Evaluation of Antimicrobial Consumption and Resistance Profile of Escherichia Coli Isolates among Hospitalized Patients at Misungwi District Hospital in Mwanza, Tanzania.
Material type:
Item type | Current library | Collection | Status | Barcode | |
---|---|---|---|---|---|
UNDERGRADUATE DISSERTATIONS | MWALIMU NYERERE LEARNING RESOURCES CENTRE-CUHAS BUGANDO | NFIC | 1 | UD1089 |
Abstract:
Background and Objective: Antimicrobial resistance is the ability of the microbe to resist the effects of medication that could once successfully treat the microbe. Antimicrobial resistance has increased dramatically over the past few years and is currently recognized as a major medical challenge in most healthcare settings. This study aims at evaluating antimicrobial consumption and resistance profile of Escherichia coli isolates among hospitalized patients in Misungwi district hospital, Mwanza, Tanzania.
Method: This was a point prevalence hospital based study which was conducted among 56 patients at Misungwi district hospital. The rectal swabs / stool specimen was transported to the CUHAS microbiology laboratory within 24 hours of sample collection and then was cultured on MacConkey agar plate which will also contain cefotaxime (2mcg/ml) subsequently biochemical test like Triple sugar iron agar, sulphide+ indole motility medium, citrate test and urease were also performed. Moreover, for identification of E. coli ESBL producers double disc synergy test (DDST) was done. Then SPSS version 20 was used for analysis.

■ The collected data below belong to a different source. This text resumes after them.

//! Spelling cells behind other bytes.
ghost use Rattle.std.specs.Prelude.{◌≡◌, ◌<◌, ◌^◌, ◌++◌, ◌∷◌, [], length, OnOk};
ghost use Rattle.std.specs.List.{flat_map};
ghost use Rattle.std.specs.Int.{w16, w32, w64, to_le_bytes, cast_unsigned};
ghost use Rattle.kt_base.specs.Borrowed.{cell_in};
ghost use Rattle.kt_cells.specs.Spelling.{flag, listed_cell, cell_list};
ghost use Rattle.kt_cells.specs.Rules.{EachAfter, CellFits, FollowingCell};

use crate::tail::Tail;
use kt_base::{Cell, CellRef, Cells, NoMemory};

// A column's id, and what its cell is, which has no value.
fn listed_null(id: u16) -> [u8; 3]
    ensures { result ≡ to_le_bytes w16 id ++ 0 ∷ [] }
{
    let mut listed = [0; 3];
    listed[..2].copy_from_slice(&id.to_le_bytes());
    listed
}

// The same of a truth value, and that.
fn listed_bool(id: u16, value: bool) -> [u8; 4]
    ensures { result ≡ to_le_bytes w16 id ++ 1 ∷ flag value ∷ [] }
{
    let mut listed = [1; 4];
    listed[..2].copy_from_slice(&id.to_le_bytes());
    listed[3] = u8::from(value);
    listed
}

// The same of a number, and that.
fn listed_int(id: u16, number: i64) -> [u8; 11]
    ensures { result ≡ to_le_bytes w16 id ++ 2 ∷ to_le_bytes w64 (cast_unsigned w64 number) }
{
    let mut listed = [2; 11];
    listed[..2].copy_from_slice(&id.to_le_bytes());
    listed[3..].copy_from_slice(&number.to_le_bytes());
    listed
}

// The same of a byte string, and its length.
fn listed_bytes(id: u16, len: u32) -> [u8; 7]
    ensures { result ≡ to_le_bytes w16 id ++ 3 ∷ to_le_bytes w32 len }
{
    let mut listed = [3; 7];
    listed[..2].copy_from_slice(&id.to_le_bytes());
    listed[3..].copy_from_slice(&len.to_le_bytes());
    listed
}

/// Adds a column's id and its cell. Without memory a part of them may be added.
pub fn put_listed_cell(out: &mut Tail, id: u16, cell: CellRef<'_>) -> Result<(), NoMemory>
    requires { CellFits (cell_in cell) }
    ensures front { out.new.front ≡ out.old.front }
    ensures ok { OnOk result (out.new.added ≡ out.old.added ++ listed_cell (id, cell_in cell.entry)) }
{
    match cell {
        CellRef::Null => out.extend(&listed_null(id)),
        CellRef::Bool(value) => out.extend(&listed_bool(id, value)),
        CellRef::Int(number) => out.extend(&listed_int(id, number)),
        CellRef::Bytes(bytes) => {
            out.extend(&listed_bytes(id, bytes.len() as u32))?;
            out.extend(bytes)
        }
    }
}

fn put_cells(out: &mut Tail, cells: &[(u16, Cell)]) -> Result<(), NoMemory>
    requires { EachAfter FollowingCell [] cells.now }
    ensures front { out.new.front ≡ out.old.front }
    ensures ok { OnOk result (out.new.added ≡ out.old.added ++ flat_map listed_cell cells.now) }
{
    'cells: for listed in cells {
        put_listed_cell(out, listed.0, CellRef::of(&listed.1))?;
    }
    Ok(())
}

/// Adds the count of the cells, and the cells.
pub fn put_cell_list(out: &mut Tail, cells: &Cells) -> Result<(), NoMemory>
    requires count { length cells.now < 2 ^ 16 }
    requires cells { EachAfter FollowingCell [] cells.now }
    ensures front { out.new.front ≡ out.old.front }
    ensures ok { OnOk result (out.new.added ≡ out.old.added ++ cell_list cells.now) }
{
    out.extend(&(cells.len() as u16).to_le_bytes())?;
    put_cells(out, cells.as_slice())
}
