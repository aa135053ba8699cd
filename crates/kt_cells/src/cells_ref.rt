//! Cells where they lie.
ghost use Rattle.std.specs.Prelude.{◌≡◌, ◌∷◌, [], List, ℕ, Ok, IsNone, IfSome};
ghost use Rattle.std.specs.List.{AllByRecursion};
ghost use Rattle.std.specs.Int.{w16, w32, w64};
ghost use Rattle.std.specs.Option.{option_map};
ghost use Rattle.kt_base.specs.declared.cell.Cell.{Cell as CellSpec};
ghost use Rattle.kt_bytes.specs.Reading.{number_at, bytes_at, counted_at};
ghost use Rattle.kt_base.specs.Borrowed.{cell_in};
ghost use Rattle.kt_cells.specs.Borrowed.{cells_in_ref};
ghost use Rattle.kt_cells.specs.Reading.{if_read, cell_at, next_cell_at, cells_at, cells_behind};

use byteorder::{ByteOrder, LittleEndian};
use kt_base::CellRef;

/// Cells as bytes spell them, read where they lie: as many as are left, from the front of the bytes on.
#[derive(Clone, Copy)]
pub struct CellsRef<'v> {
    left: u16,
    bytes: &'v [u8],
}

fn front_of(bytes: &[u8], len: usize) -> Option<(&[u8], &[u8])>
    ensures { option_map (λ x. (x.0.now, x.1.now)) result ≡ if_read (bytes_at len bytes.now) }
{
    if bytes.len() < len {
        return None;
    }
    Some(bytes.split_at(len))
}

fn id_of(bytes: &[u8]) -> Option<(u16, &[u8])>
    ensures { option_map (λ x. (x.0, x.1.now)) result ≡ if_read (number_at w16 bytes.now) }
{
    let (front, rest) = front_of(bytes, 2)?;
    Some((LittleEndian::read_u16(front), rest))
}

fn number_of(bytes: &[u8]) -> Option<(u64, &[u8])>
    ensures { option_map (λ x. (x.0, x.1.now)) result ≡ if_read (number_at w64 bytes.now) }
{
    let (front, rest) = front_of(bytes, 8)?;
    Some((LittleEndian::read_u64(front), rest))
}

fn text_of(bytes: &[u8]) -> Option<(&[u8], &[u8])>
    ensures { option_map (λ x. (x.0.now, x.1.now)) result ≡ if_read (counted_at w32 bytes.now) }
{
    let (front, rest) = front_of(bytes, 4)?;
    front_of(rest, LittleEndian::read_u32(front) as usize)
}

#[tactic(auto, unfolding(crate::specs::Reading::cell_at, crate::specs::Reading::flag_at))]
fn cell_of(bytes: &[u8]) -> Option<(CellRef<'_>, &[u8])>
    ensures { option_map (λ x. (cell_in x.0, x.1.now)) result ≡ if_read (cell_at bytes.now) }
{
    match bytes {
        [0, rest @ ..] => Some((CellRef::Null, rest)),
        [1, 0, rest @ ..] => Some((CellRef::Bool(false), rest)),
        [1, 1, rest @ ..] => Some((CellRef::Bool(true), rest)),
        [2, rest @ ..] => {
            let (number, rest) = number_of(rest)?;
            Some((CellRef::Int(number.cast_signed()), rest))
        }
        [3, rest @ ..] => {
            let (text, rest) = text_of(rest)?;
            Some((CellRef::Bytes(text), rest))
        }
        _ => None,
    }
}

#[tactic(auto, unfolding(crate::specs::Reading::next_cell_at))]
fn next_cell_of(bytes: &[u8]) -> Option<((u16, CellRef<'_>), &[u8])>
    ensures { option_map (λ x. ((x.0.0, cell_in x.0.1), x.1.now)) result ≡ if_read (next_cell_at bytes.now) }
{
    let (id, rest) = id_of(bytes)?;
    let (cell, rest) = cell_of(rest)?;
    Some(((id, cell), rest))
}

impl<'v> CellsRef<'v> {
    /// The cells behind their count.
    pub fn of(bytes: &'v [u8]) -> CellsRef<'v>
        ensures { cells_in_ref result ≡ cells_behind bytes.now }
    {
        match id_of(bytes) {
            Some((left, bytes)) => CellsRef { left, bytes },
            None => CellsRef { left: 0, bytes },
        }
    }

    /// The first cell under its column, and the others.
    #[tactic(auto, unfolding(crate::specs::Reading::cells_from))]
    pub fn split_first(self) -> Option<((u16, CellRef<'v>), CellsRef<'v>)>
        ensures none { IsNone result → cells_in_ref self.entry ≡ [] }
        ensures some { IfSome result (λ c. cells_in_ref self.entry ≡ (c.0.0, cell_in c.0.1) ∷ cells_in_ref c.1) }
    {
        if self.left == 0 {
            return None;
        }
        let (first, bytes) = next_cell_of(self.bytes)?;
        let left = self.left - 1;
        Some((first, CellsRef { left, bytes }))
    }

    /// The column of the only cell, where no more than one is left. Its cell is not read, and may be missing.
    #[tactic(auto, using(crate::proofs::Only::only_one))]
    pub fn only_column(self) -> Option<u16>
        ensures { IfSome result (λ id. AllByRecursion (λ c. c.0 ≡ id) (cells_in_ref self.entry)) }
    {
        if self.left != 1 {
            return None;
        }
        let (id, _) = id_of(self.bytes)?;
        Some(id)
    }
}
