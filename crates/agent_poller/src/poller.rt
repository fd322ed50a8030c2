ghost use Rattle.std.specs.Prelude.{◌≡◌, ℕ, ◌+◌, ◌≤◌, [], true, IfOk, OnOk, OnErr};
ghost use Rattle.agent_spec.specs.Polls.{is_due_after};
ghost use Rattle.rec_counters.specs.Contents.{interface_content};
ghost use Rattle.agent_spec.specs.Counting.{next_count};
ghost use Rattle.agent_poller.specs.Polling.{StandsFor, number_behind};

use crate::meter::Meter;
use data_format::SourceId;
use rec_counters::IfCounters;
use std::marker::Model;

/// The meter failed: its count of faults rose.
#[derive(Clone, Copy, Debug, PartialEq, Eq)]
pub struct MeterFault;

/// What a poll gives to a counters sample.
#[derive(Clone, Copy, Debug, Drop)]
pub struct Polled {
    /// The sequence number of the sample.
    pub sequence: u32,
    /// The counters of the source.
    pub counters: IfCounters<'static>,
}

/// The polls of a counter source since its start or its last reset.
#[derive(Debug, Drop)]
pub struct Poller {
    source: SourceId,
    /// The least time from one poll to the next, in ms.
    every: u32,
    /// The sequence number of the first sample.
    first: u32,
    /// The sequence number of the next sample; goes on from 2^32 - 1 to 0.
    next: u32,
    /// The uptime of the last poll, in ms; 0 where there is none.
    last: u32,
}

impl Model for Poller {
    ghost use Rattle.agent_poller.specs.Polling.{PollerState};

    ghost Value = { PollerState };

    ghost use Rattle.agent_poller.specs.Fields.{poller_state, IsPoller};

    ghost view = { poller_state };

    ghost invariant = { IsPoller };
}

impl Poller {
    /// A poller of a source that is due every so many ms, at least 1, the first time at that uptime. Its first
    /// sample has the sequence number `first`.
    pub fn new(source: SourceId, every: u32, first: u32) -> Poller
        requires { 1 ≤ every }
        ensures stands { StandsFor result 0 0 }
        ensures source { result.source ≡ source }
        ensures every { result.every ≡ every }
        ensures first { result.first ≡ first }
    {
        Poller {
            source,
            every,
            first,
            next: first,
            last: 0,
        }
    }

    /// The source that it polls.
    pub fn source(&self) -> SourceId
        ensures { result ≡ self.now.source }
    {
        self.source
    }

    /// Whether a poll is due at this uptime, in ms: at least `every` ms, mod 2^32, have gone by since the last one.
    pub fn due(&self, now: u32) -> bool
        ensures value { result ≡ is_due_after self.now.every self.now.last now }
        ensures due { (issued last : ℕ) → StandsFor self.now issued last
            → result ≡ is_due_after self.now.every last now }
    {
        now.wrapping_sub(self.last) >= self.every
    }

    /// Polls the source at this uptime, in ms, at which it is due. `MeterFault` comes only where the meter's count
    /// of faults rose; then the poller is as before.
    pub fn poll<M: Meter>(&mut self, now: u32, meter: &mut M) -> Result<Polled, MeterFault>
        requires { is_due_after self.old.every self.old.last now ≡ true }
        ensures stands { (issued last : ℕ) → StandsFor self.old issued last
            → OnOk result (StandsFor self.new (1 + issued) now) }
        ensures number { (issued last : ℕ) → StandsFor self.old issued last
            → IfOk result (λ polled. polled.sequence ≡ number_behind self.old.first issued) }
        ensures counters { IfOk result (λ polled.
            M.gives meter.old self.old.source (interface_content polled.counters) meter.new) }
        ensures tail { IfOk result (λ polled. polled.counters.tail.now ≡ []) }
        ensures source { self.new.source ≡ self.old.source }
        ensures every { self.new.every ≡ self.old.every }
        ensures first { self.new.first ≡ self.old.first }
        ensures unchanged { OnErr result (self.new ≡ self.old) }
        ensures kept { OnOk result (M.faults meter.new ≡ M.faults meter.old) }
        ensures failed { OnErr result (M.faults meter.new ≡ next_count (M.faults meter.old)) }
    {
        let Ok(counters) = meter.read(self.source) else {
            return Err(MeterFault);
        };
        let sequence = self.next;
        self.next = sequence.wrapping_add(1);
        self.last = now;
        Ok(Polled { sequence, counters })
    }

    /// Begins anew, as `new` left it.
    pub fn restart(&mut self)
        ensures stands { StandsFor self.new 0 0 }
        ensures source { self.new.source ≡ self.old.source }
        ensures every { self.new.every ≡ self.old.every }
        ensures first { self.new.first ≡ self.old.first }
    {
        self.next = self.first;
        self.last = 0;
    }
}
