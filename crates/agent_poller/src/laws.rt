//! The counts for which a poller stands, event by event of a boot. Each list of events has the latest first.

ghost use Rattle.std.specs.Prelude.{◌≡◌, ℕ, ◌+◌, false, List, [], ◌∷◌};
ghost use Rattle.wire_spec.specs.Shapes.{Tree};
ghost use Rattle.agent_spec.specs.Sources.{Source, Turn, same_source, same_turn, FlowSetup, CounterSetup};
ghost use Rattle.agent_spec.specs.Samples.{Packet, Setup};
ghost use Rattle.agent_spec.specs.Events.{Event, Observe, Send, Reset, turn_after};
ghost use Rattle.agent_spec.specs.Boots.{Boot, after_poll};
ghost use Rattle.agent_poller.specs.Following.{PollCounts, counts_in, counts_after, none_yet, after_one};

/// A poll is one of each source in turn. It counts a sample of its own source, at its uptime, and of no other.
pub fn polls_go_one_by_one()
    ensures none { (now : ℕ) (events : List Event) (due : List CounterSetup) (b : Boot)
        → after_poll now events due [] b ≡ b }
    ensures next { (now : ℕ) (events : List Event) (c : CounterSetup) (due : List CounterSetup) (reading : Tree)
        (more : List Tree) (b : Boot)
        → after_poll now events (c ∷ due) (reading ∷ more) b
        ≡ after_poll now events due more (after_one c (turn_after c.source events) now reading b) }
    ensures own { (c : CounterSetup) (turn : Turn) (now : ℕ) (reading : Tree) (b : Boot)
        → counts_in turn (after_one c turn now reading b)
        ≡ record { issued = 1 + (counts_in turn b).issued; last = now } }
    ensures others { (c : CounterSetup) (turn own : Turn) (now : ℕ) (reading : Tree) (b : Boot)
        → same_turn turn own ≡ false → counts_in turn (after_one c own now reading b) ≡ counts_in turn b }
{}

/// A reset of the source begins with no counts; what happens to others leaves them as they are, and a send does.
pub fn counts_follow_the_source()
    ensures reset { (s : Setup) (source : Source) (events : List Event)
        → counts_after s source (Reset source ∷ events) ≡ none_yet }
    ensures other_reset { (s : Setup) (source other : Source) (events : List Event)
        → same_source source other ≡ false
        → counts_after s source (Reset other ∷ events) ≡ counts_after s source events }
    ensures packet { (s : Setup) (source : Source) (f : FlowSetup) (packet : Packet) (events : List Event)
        → same_source source f.source ≡ false
        → counts_after s source (Observe f packet ∷ events) ≡ counts_after s source events }
    ensures send { (s : Setup) (source : Source) (now count : ℕ) (events : List Event)
        → counts_after s source (Send now count ∷ events) ≡ counts_after s source events }
{}
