// The text of an address.
ghost use Rattle.std.specs.Prelude.{◌≡◌};
ghost use Rattle.wire_spec.specs.Texts.{grouped as grouped_text, dotted as dotted_text};

use crate::hex::{high, low};
use arrayvec::ArrayString;
use itoa::Buffer;

/// Four decimal numbers with dots between them.
pub(crate) fn dotted(bytes: &[u8; 4]) -> ArrayString<15>
    ensures { result.bytes ≡ dotted_text bytes.now }
{
    let mut text = ArrayString::new();
    let mut digits = Buffer::new();
    text.push_str(digits.format(bytes[0]));
    text.push_str(".");
    text.push_str(digits.format(bytes[1]));
    text.push_str(".");
    text.push_str(digits.format(bytes[2]));
    text.push_str(".");
    text.push_str(digits.format(bytes[3]));
    text
}

/// Eight groups of four hexadecimal digits with colons between them.
pub(crate) fn grouped(b: &[u8; 16]) -> [u8; 39]
    ensures { result ≡ grouped_text b.now }
{
    [
        high(b[0]),
        low(b[0]),
        high(b[1]),
        low(b[1]),
        b':',
        high(b[2]),
        low(b[2]),
        high(b[3]),
        low(b[3]),
        b':',
        high(b[4]),
        low(b[4]),
        high(b[5]),
        low(b[5]),
        b':',
        high(b[6]),
        low(b[6]),
        high(b[7]),
        low(b[7]),
        b':',
        high(b[8]),
        low(b[8]),
        high(b[9]),
        low(b[9]),
        b':',
        high(b[10]),
        low(b[10]),
        high(b[11]),
        low(b[11]),
        b':',
        high(b[12]),
        low(b[12]),
        high(b[13]),
        low(b[13]),
        b':',
        high(b[14]),
        low(b[14]),
        high(b[15]),
        low(b[15]),
    ]
}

Results: In this study the most prevalent organisms were Escherichia coli (16.9%) Enterobactor cloacae (6.8%) and Klebsiella pneumonia (6.8%) despite having no bacterial growth in most of the plates (52.5). The mostly commonly used antibiotic were; ceftriaxone (24.2%), amoxicillin (18.2%), ampicillin (15.2%) then gentamicin (12.1%). The DDD/100 bed-days was 24.5 DDD/100 bed days. The prevalence of ESBL producing E.coli carriage were 80% (8/10) and among patients found to have ESBL, 75% (6/8) of them were on antibiotics consumption.
Conclusion: The use of practice guideline derived recommended daily dose may yield more valid antibiotic exposure estimate that would be helpful in cross-sectional and longitudinal analyses of antibiotic consumption than WHO recommended WHO/ATC. Each hospital should define and validate its own indicators to describe the local exposures to antibiotics and to study the relationship with resistance.